(Items from a data source)
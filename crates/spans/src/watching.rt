//! Whether what two `vtorc` found, and did about it, is one.

ghost use Rattle.std.specs.Prelude.{◌≡◌, ◌&&◌, ◌==◌, length};
ghost use Rattle.std.specs.List.{list_all, zip};
ghost use Rattle.shard_calls.specs.declared.ending.Rest.TheVariants as lines;
ghost use Rattle.shard_calls.specs.Same.{findings_eq, line_eq, lines_eq};
ghost use Rattle.spans.specs.Lists.{same_finding};

use crate::equality::{analysis_eq, left_eq, undone_eq};
use crate::lists::not_joined_eq;
use crate::same::refusal_eq;
use shard_calls::{Finding, Left, NotJoined, Refusal, Rest};
use shard_names::Alias;

fn same_finding(x: &Finding, y: &Finding) -> bool
    ensures { result ≡ same_finding x.now y.now }
{
    x.alias == y.alias && analysis_eq(x.analysis, y.analysis)
}

fn pairs_findings(xs: &[Finding], ys: &[Finding]) -> bool
    ensures { result ≡ list_all (λ p. same_finding p.0 p.1) (zip xs.now ys.now) }
{
    xs.iter().zip(ys).all(|(x, y)| same_finding(x, y))
}

/// Whether the two are the same findings. It takes no memory.
#[tactic(auto, using(crate::proofs::SameLemmas::findings_uneven))]
pub fn findings_eq(xs: &[Finding], ys: &[Finding]) -> bool
    ensures { result ≡ findings_eq xs.now ys.now }
{
    if xs.len() != ys.len() {
        return false;
    }
    pairs_findings(xs, ys)
}

fn is_promoted(alias: &Alias, term: u64, left: &[NotJoined], line: &Rest) -> bool
    ensures { result ≡ line_eq (lines.Promoted alias.now term left.now) line.now }
{
    match line {
        Rest::Promoted {
            alias: other,
            term: other_term,
            left: other_left,
        } => *alias == *other && term == *other_term && not_joined_eq(left, other_left.as_slice()),
        _ => false,
    }
}

fn is_refused(refusal: &Refusal, undone: &Option<bool>, line: &Rest) -> bool
    ensures { result ≡ line_eq (lines.Refused refusal.now undone.now) line.now }
{
    match line {
        Rest::Refused {
            refusal: other,
            undone: other_undone,
        } => refusal_eq(refusal, other) && undone_eq(undone, other_undone),
        _ => false,
    }
}

fn is_joined(alias: &Alias, to: &Alias, line: &Rest) -> bool
    ensures { result ≡ line_eq (lines.Joined alias.now to.now) line.now }
{
    match line {
        Rest::Joined {
            alias: other,
            to: other_to,
        } => *alias == *other && *to == *other_to,
        _ => false,
    }
}

fn is_left(alias: &Alias, left: &Left, line: &Rest) -> bool
    ensures { result ≡ line_eq (lines.Left alias.now left.now) line.now }
{
    match line {
        Rest::Left {
            alias: other,
            left: other_left,
        } => *alias == *other && left_eq(left, other_left),
        _ => false,
    }
}

fn is_drained(alias: &Alias, line: &Rest) -> bool
    ensures { result ≡ line_eq (lines.Drained alias.now) line.now }
{
    match line {
        Rest::Drained { alias: other } => *alias == *other,
        _ => false,
    }
}

fn line_eq(x: &Rest, y: &Rest) -> bool
    ensures { result ≡ line_eq x.now y.now }
{
    match x {
        Rest::Promoted { alias, term, left } => is_promoted(alias, *term, left.as_slice(), y),
        Rest::Refused { refusal, undone } => is_refused(refusal, undone, y),
        Rest::Joined { alias, to } => is_joined(alias, to, y),
        Rest::Left { alias, left } => is_left(alias, left, y),
        Rest::Drained { alias } => is_drained(alias, y),
    }
}

fn pairs_lines(xs: &[Rest], ys: &[Rest]) -> bool
    ensures { result ≡ list_all (λ p. line_eq p.0 p.1) (zip xs.now ys.now) }
{
    xs.iter().zip(ys).all(|(x, y)| line_eq(x, y))
}

/// Whether the two are the same lines. Logs are compared by their transactions. It takes no memory.
#[tactic(auto, using(crate::proofs::SameLemmas::lines_uneven))]
pub fn lines_eq(xs: &[Rest], ys: &[Rest]) -> bool
    ensures { result ≡ lines_eq xs.now ys.now }
{
    if xs.len() != ys.len() {
        return false;
    }
    pairs_lines(xs, ys)
}
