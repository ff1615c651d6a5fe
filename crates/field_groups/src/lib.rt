// Fields side by side, as one number, and pushed through a pen.
#![tactic(auto)]

ghost use Rattle.std.specs.Prelude.{◌++◌, ◌+◌, ◌^◌, ◌<◌};
ghost use Rattle.layouts.specs.Layout.{bits_of};
ghost use Rattle.pen.specs.Pens.{Ready, Pushes};
ghost use Rattle.pen.specs.Runs.{Room};
ghost use Rattle.field_groups.specs.Groups.{Holds, Joined, Pushable};

use pen::{Pen, push};

// Fields side by side, as one number.
#[derive(Clone, Copy)]
pub struct Group {
    pub width: u64,
    pub value: u64,
}

pub fn field(width: u64, value: u64) -> Group
    requires { value < 2 ^ width }
    ensures { Holds width (bits_of width value) result }
{
    Group { width, value }
}

impl Group {
    // One field more behind them.
    pub fn and(self, width: u64, value: u64) -> Group
        requires { (self.width + width < 64) × (self.value < 2 ^ self.width) × (value < 2 ^ width) }
        ensures { Joined self width value result }
    {
        Group {
            width: self.width + width,
            value: (self.value << width) + value,
        }
    }
}

// Two groups, one behind the other.
pub fn put_both(buf: &mut [u8], p: Pen, a: Group, b: Group) -> Pen
    requires { Ready p × Pushable a × Pushable b × Room buf.old p (a.width + b.width) }
    ensures { Pushes (a.width + b.width) (bits_of a.width a.value ++ bits_of b.width b.value) buf.old buf.new p result }
{
    let p = push(buf, p, a.width, a.value);
    push(buf, p, b.width, b.value)
}
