//! `autoq`: checks annotated quantum programs against sets of states.
#![tactic(auto)]

use aq_top::{Status, run, say_memory};
use aq_world::{FileShelf, OutSink};
use std::env;
use std::io::ErrorKind;
use std::process::ExitCode;
use std::rt::Env;

/// Why the words after the program's name aren't known.
#[derive(Debug, Drop)]
enum WordsFault {
    /// One of them isn't text.
    NotText,
    /// Out of memory.
    Memory,
}

/// The words after the program's name.
fn words_given<R: Env + AllocGlobal>(rt: &R) -> Result<Vec<String>, WordsFault> {
    let args = env::args(rt).map_err(|fault| {
        if fault.kind() == ErrorKind::OutOfMemory {
            WordsFault::Memory
        } else {
            WordsFault::NotText
        }
    })?;
    args.skip(1)
        .collect::<Vec<String>>(rt.alloc())
        .map_err(|_| WordsFault::Memory)
}

fn main(rt: HostRuntime) -> ExitCode {
    let mut out = OutSink::new(&rt);
    let status = match words_given(&rt) {
        Ok(words) => {
            let mut shelf = FileShelf::new(&rt, rt.alloc());
            run(rt.alloc(), words.as_slice(), &mut shelf, &mut out)
        }
        Err(WordsFault::NotText) => Status::Usage,
        Err(WordsFault::Memory) => say_memory(&mut out),
    };
    ExitCode::from(status.code())
}
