// The interpretation of a small structure, as it is printed.
use crate::structures::{numbers, small};
use fin_struct::{Structure, classical};
use interp_printer::print;
use std::test::Fail;

const SORTS: &[u8] = b"tff(mk_world,type,mk_world: $tType).
tff(mk_w_0,type,mk_w_0: mk_world).
tff(mk_domain,axiom,! [X: mk_world] : X = mk_w_0).
tff(mk_i_0,type,mk_i_0: $i).
tff(mk_domain,axiom,! [X: $i] : X = mk_i_0).
tff(s,type,s: $tType).
tff(mk_e_s_0,type,mk_e_s_0: s).
tff(mk_e_s_1,type,mk_e_s_1: s).
tff(mk_domain,axiom,! [X: s] : ( X = mk_e_s_0 | X = mk_e_s_1 )).
tff(mk_distinct,axiom,$distinct(mk_e_s_0,mk_e_s_1)).
tff(mk_actual,type,mk_actual: mk_world).
tff(mk_actual,axiom,mk_actual = mk_w_0).
";

const TABLES: &[u8] = b"tff(mk_acc,type,mk_acc: ( mk_world * mk_world ) > $o).
tff(mk_acc,axiom,~ mk_acc(mk_w_0,mk_w_0)).
tff(mk_in,type,mk_in: ( mk_world * $i ) > $o).
tff(mk_in,axiom,~ mk_in(mk_w_0,mk_i_0)).
tff(p,type,p: ( mk_world * $i * s ) > $o).
tff(p,axiom,~ p(mk_w_0,mk_i_0,mk_e_s_0) & ~ p(mk_w_0,mk_i_0,mk_e_s_1)).
tff(f,type,f: $i > s).
tff(f,axiom,f(mk_i_0) = mk_e_s_0).
tff(c,type,c: mk_world > $i).
tff(c,axiom,c(mk_w_0) = mk_i_0).
";

#[test]
fn each_row_is_printed(rt: HostRuntime) -> Result<(), Fail> {
    let alloc = rt.alloc();
    let over = classical(alloc, &small(alloc)?)?;
    let sizes = numbers(alloc, &[1, 1, 2])?;
    let structure = Structure::new(alloc, &over, &sizes)?;
    let text = print(alloc, &over, &structure)?;
    let mut wanted = Vec::new(alloc);
    wanted.extend_from_slice(SORTS)?;
    wanted.extend_from_slice(TABLES)?;
    assert_eq!(rt; text.as_slice(), wanted.as_slice());
    Ok(())
}

// Nearly as many cells as the limits allow, of which each is a row of the text.
#[test]
fn four_million_cells_are_printed(rt: HostRuntime) -> Result<(), Fail> {
    let alloc = rt.alloc();
    let over = classical(alloc, &small(alloc)?)?;
    let sizes = numbers(alloc, &[2_040, 2, 3])?;
    let structure = Structure::new(alloc, &over, &sizes)?;
    let text = print(alloc, &over, &structure)?;
    assert!(rt; text.len() > 4_179_962 * 20);
    Ok(())
}
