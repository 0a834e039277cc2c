// The conditions on domains over one and two worlds.
ghost use Rattle.std.specs.Prelude.{◌≡◌, ◌<◌, [], ◌∷◌, false, length, IfOk, IsSome};
ghost use Rattle.nxf_tree.specs.Signature.{constant_regime};
ghost use Rattle.nxf_tree.specs.WellFormed.{IsWellFormed};
ghost use Rattle.nxf_tree.specs.declared.tree.Signature.{Signature};
ghost use Rattle.fin_struct.specs.KripkeTables.{IsKripkeFor, existence_number};

use domains::{axioms, first_fault};
use fin_struct::{Condition, Kripke};
use nxf_base::{List, Memory};
use nxf_tree::{IndexEntry, IndexName, Regime, Signature, SortEntry, SortName};
use std::alloc::Global;
use std::test::Fail;

// A signature with `$i` under this regime and one index.
fn individuals(alloc: Global, regime: Regime) -> Result<Signature, Memory>
    ensures formed { IfOk result IsWellFormed }
    ensures sorts { IfOk result (λ over. over.sorts ≡ record { name = SortName.Individual; regime = regime } ∷ []) }
    ensures indexes { IfOk result (λ over. length over.indexes ≡ 1) }
{
    let mut sorts = List::new(alloc);
    sorts.push(SortEntry {
        name: SortName::Individual,
        regime,
    })?;
    let mut indexes = List::new(alloc);
    indexes.push(IndexEntry {
        name: IndexName::Plain,
        schemes: List::new(alloc),
    })?;
    Ok(Signature {
        sorts,
        symbols: List::new(alloc),
        indexes,
    })
}

#[test]
fn axioms_by_regime(rt: HostRuntime) -> Result<(), Fail> {
    let alloc = rt.alloc();
    for (regime, count) in [
        (Regime::Constant, 0),
        (Regime::Cumulative, 3),
        (Regime::Decreasing, 3),
        (Regime::Varying, 2),
    ] {
        let signature = individuals(alloc, regime)?;
        assert_eq!(rt; axioms(alloc, &signature)?.len(), count);
    }
    Ok(())
}

// Lets an element exist at a world, if it is one of the first sort, which isn't constant.
pub fn put(kripke: &mut Kripke, world: u32, element: u32)
    requires sort { 0 < length kripke.old.existence }
    requires varying { IsSome (existence_number kripke.old 0) }
    ensures same { (sig : Signature) → IsKripkeFor sig kripke.old → IsKripkeFor sig kripke.new }
    ensures existence { kripke.new.existence ≡ kripke.old.existence }
{
    if world >= kripke.worlds() || element >= kripke.size(0) {
        return;
    }
    kripke.set_exists(0, world, element, true);
}

// The first fault of two worlds, of which the second is reached from the first, and two elements, which exist as said.
fn fault_of(
    alloc: Global,
    regime: Regime,
    existing: &[(u32, u32)],
) -> Result<Option<Condition>, Fail>
    requires { constant_regime regime ≡ false }
{
    let over = individuals(alloc, regime)?;
    let mut sizes = List::new(alloc);
    sizes.push(2)?;
    sizes.push(2)?;
    let mut kripke = Kripke::new(alloc, &over, &sizes)?;
    kripke.set_related(0, 0, 1, true);
    for (world, element) in existing {
        put(&mut kripke, *world, *element);
    }
    Ok(first_fault(&over, &kripke))
}

#[test]
fn existence_at_each_world_and_of_each_element(rt: HostRuntime) -> Result<(), Fail> {
    let alloc = rt.alloc();
    let empty = Some(Condition::Empty(0));
    for (existing, fault) in [
        ([(0, 0), (1, 1)].as_slice(), None),
        ([(0, 0), (0, 1)].as_slice(), empty),
        ([(0, 0), (1, 0)].as_slice(), Some(Condition::Union(0))),
        ([(0, 0)].as_slice(), empty),
    ] {
        assert_eq!(rt; fault_of(alloc, Regime::Varying, existing)?, fault);
    }
    Ok(())
}

#[test]
fn elements_along_a_step(rt: HostRuntime) -> Result<(), Fail> {
    let alloc = rt.alloc();
    let stays = [(0, 0), (1, 0), (1, 1)].as_slice();
    let was_there = [(0, 0), (0, 1), (1, 0)].as_slice();
    let monotone = Some(Condition::Monotone(0, 0));
    assert_eq!(rt; fault_of(alloc, Regime::Cumulative, stays)?, None);
    assert_eq!(rt; fault_of(alloc, Regime::Cumulative, was_there)?, monotone);
    assert_eq!(rt; fault_of(alloc, Regime::Decreasing, was_there)?, None);
    assert_eq!(rt; fault_of(alloc, Regime::Decreasing, stays)?, monotone);
    Ok(())
}

// Nobody exists at the second world, the second element nowhere, and the first doesn't stay.
#[test]
fn first_of_three_faults(rt: HostRuntime) -> Result<(), Fail> {
    let found = fault_of(rt.alloc(), Regime::Cumulative, &[(0, 0)])?;
    assert_eq!(rt; found, Some(Condition::Empty(0)));
    Ok(())
}
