//! Tests of what no clause says of finite structures: that they can be made, that what is written is read, and the first
//! condition that fails, in small structures and in some with a thousand worlds.
#![tactic(auto)]

#[cfg(test)]
mod corresponding;
#[cfg(test)]
mod existence;
#[cfg(test)]
mod interpretations;
#[cfg(test)]
mod relations;
#[cfg(test)]
mod structures;
#[cfg(test)]
mod thousand_worlds;
#[cfg(test)]
mod values;
#[cfg(test)]
mod views;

Your objective:
From the records above, transcribe without alteration every line from the one with "#[derive(Clone, Copy)]" to the one with "the program's name.", inclusive.

Expected answer:
#[derive(Clone, Copy)]
pub struct Group {
    pub width: u64,
    pub value: u64,
}

pub fn field(width: u64, value: u64) -> Group
    requires { value < 2 ^ width }
    ensures { Holds width (bits_of width value) result }
{
    Group { width, value }
}

impl Group {
    // One field more behind them.
    pub fn and(self, width: u64, value: u64) -> Group
        requires { (self.width + width < 64) × (self.value < 2 ^ self.width) × (value < 2 ^ width) }
        ensures { Joined self width value result }
    {
        Group {
            width: self.width + width,
            value: (self.value << width) + value,
        }
    }
}

// Two groups, one behind the other.
pub fn put_both(buf: &mut [u8], p: Pen, a: Group, b: Group) -> Pen
    requires { Ready p × Pushable a × Pushable b × Room buf.old p (a.width + b.width) }
    ensures { Pushes (a.width + b.width) (bits_of a.width a.value ++ bits_of b.width b.value) buf.old buf.new p result }
{
    let p = push(buf, p, a.width, a.value);
    push(buf, p, b.width, b.value)
}
//! `autoq`: checks annotated quantum programs against sets of states.
#![tactic(auto)]

use aq_top::{Status, run, say_memory};
use aq_world::{FileShelf, OutSink};
use std::env;
use std::io::ErrorKind;
use std::process::ExitCode;
use std::rt::Env;

/// Why the words after the program's name aren't known.
#[derive(Debug, Drop)]
enum WordsFault {
    /// One of them isn't text.
    NotText,
    /// Out of memory.
    Memory,
}

/// The words after the program's name.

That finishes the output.